The Racial Gap Widens and Policymakers Turn Their Backs
People need wealth to weather an emergency and to create economic opportunities for themselves and their families. Yet, wealth has always been very unequally distributed in the United States, especially by race and ethnicity. The racial wealth gap has in fact grown in recent years. Consequently, many African-Americans, Hispanics, and large parts of the Asian-American community have been increasingly economically vulnerable and losing out on opportunities for upward mobility.
The need for policy interventions to reduce the racial wealth gap has long been clear and has only grown since the Great Recession ended in 2009. But little has happened and is unlikely to happen in the near term. Worse, the current policy direction could actually widen the racial wealth gap, not shrink it.
Communities of color have a lot less wealth than whites do. On average, working-age African-Americans owned $72,987 (in 2013 dollars) from 2010 to 2013, compared to whites’ $564,426. Whites then had almost eight times the wealth of African-Americans. In that same period, working age white households had 5.7 times the wealth of their Hispanics counterparts. And, the average white household in the bottom half of the income distribution had 1.4 times the wealth of the average Asian-American household in the bottom half of the income distribution during those years.
Such wealth gaps exist because of different access to beneficial savings, varying contributions to savings, and gaps in fees for financial services and in interest rates. Communities of color, for example, are much less likely than whites to be homeowners and to have a retirement plan from their employers. Communities of color thus often do not have access to the various tax and other benefits that come with those savings.
Moreover, people contribute to savings by paying the principal on a mortgage, adding to a retirement plan, having an employer contribute to a retirement plan, or inheriting wealth. Since communities of color are less likely to be homeowners and have retirement plans, they and their employers are also less likely to participate in these kinds of benefits.
Communities of color are also less likely to inherit money, and when they do the amounts inherited are lower than for whites.
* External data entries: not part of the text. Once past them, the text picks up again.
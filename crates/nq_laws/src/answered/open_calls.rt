//! Every call is answered once the network is calm, and all that is delayed is stored. The statements stand in `specs/`, and their proofs in `proofs/`.

ghost use Rattle.nq_laws.specs.WholeCallsAnswered.{ServedCallsAnswered, WholeCallsAnswered};
ghost use Rattle.nq_laws.specs.WholeMet.{LinksMatter, OpenCallsAreMet, WholeRoundsAreMet};
ghost use Rattle.nq_laws.specs.WholeStored.{WholeStored};

/// In every run, whatever is under way: all clients are attached, and no call is open, after as many whole rounds as the longest term of all boots has
/// ticks, 9 more, and 4 for each call that was open at first; or after more. In a whole round all that is under way arrives, with all that this sends, in
/// any order in which each link keeps its own; then each clock ticks once.
pub fn whole_calls_answered()
    ensures { WholeCallsAnswered }
{}

/// Where the server serves already, three whole rounds and four for each call that was open are enough.
pub fn served_calls_answered()
    ensures { ServedCallsAnswered }
{}

/// A schedule with a recovery meets all premises of these laws, and needs more than half of the rounds.
pub fn open_calls_are_met()
    ensures { OpenCallsAreMet }
{}

/// In every run, whatever is under way: no client has delayed writes after as many whole rounds more as the longest term of all boots has ticks, and
/// one, or after more.
pub fn whole_stored()
    ensures { WholeStored }
{}

/// Whole rounds in which links keep their order, and not all packets arrive in the order in which they were sent, meet all premises.
pub fn whole_rounds_are_met()
    ensures { WholeRoundsAreMet }
{}

/// Links have to keep their order: by whole rounds in which they do not, a read and a put of two hosts get into each other's way again and again.
pub fn links_matter()
    ensures { LinksMatter }
{}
Communities of color tend to be good savers, but they fall behind in their wealth because they receive less help from the government, employers, and inheritances.
Finally, communities of color tend to pay higher fees for savings accounts and face higher interest rates on their debts than whites do, reducing the money they earn on their savings and slowing wealth growth. The wealth gap also gets wider with age as communities of color fall further and further behind whites over time.
Notably, the racial wealth gap grew right after the Great Recession. Communities of color lost their homes and jobs, and thus their retirement plans, at a faster rate than whites did. When the housing and stock markets recovered, communities of color had less access and could make fewer contributions than whites.
The average white household had 5.6 times the average African-American wealth, for example, from 2001 to 2007. But, it had 7.7 times the average African-American wealth from 2010 to 2013. Data for Hispanics and lower-income Asian-Americans similarly show increases in the wealth gap from before the Great Recession to its aftermath.
Comprehensive, newer data on the racial wealth gap are not yet available, but the wealth gap likely didn’t shrink much. The homeownership rate for all households has fallen since 2013, but faster for communities of color than for whites.
The gap in retirement savings plans has remained steady for private-sector workers during that time. And costly debt – especially car and student loans – has risen for all households, but especially among communities of color, thus slowing their wealth growth more so than for whites.
The racial wealth gap has always been large, leaving communities of color economically behind. Policymakers could start to address this widespread economic insecurity through more sustainable homeownership opportunities, much easier access to retirement savings plans, redesigned and more efficient tax incentives for people to save, and greater consumer protections from high fees.
Yet, Congress and the Trump administration have set out in the opposite direction and could make things worse. Congress has already made it harder for cities to offer new, low-cost retirement savings accounts to people without such employment benefits. The Trump administration has also delayed the so-called conflict-of-interest rule, which would have better protected savers from excessive costs in their retirement accounts.
Further, Congress and the administration want to eliminate important mortgage safeguards and substantially weaken the Consumer Financial Protection Bureau, even though it has helped to level the playing field between savers and big banks. And, if the so-far unsuccessful efforts at health care reform are any indication, tax reform will increase the inequities in tax incentives, giving the least help to those who need it the most. Collectively, these movements will leave many – especially communities of color – struggling to build real wealth.
Christian E. Weller is a professor of public policy at the McCormack Graduate School of Policy and Global Studies at the University of Massachusetts, Boston and a Senior Fellow at the Center for American Progress.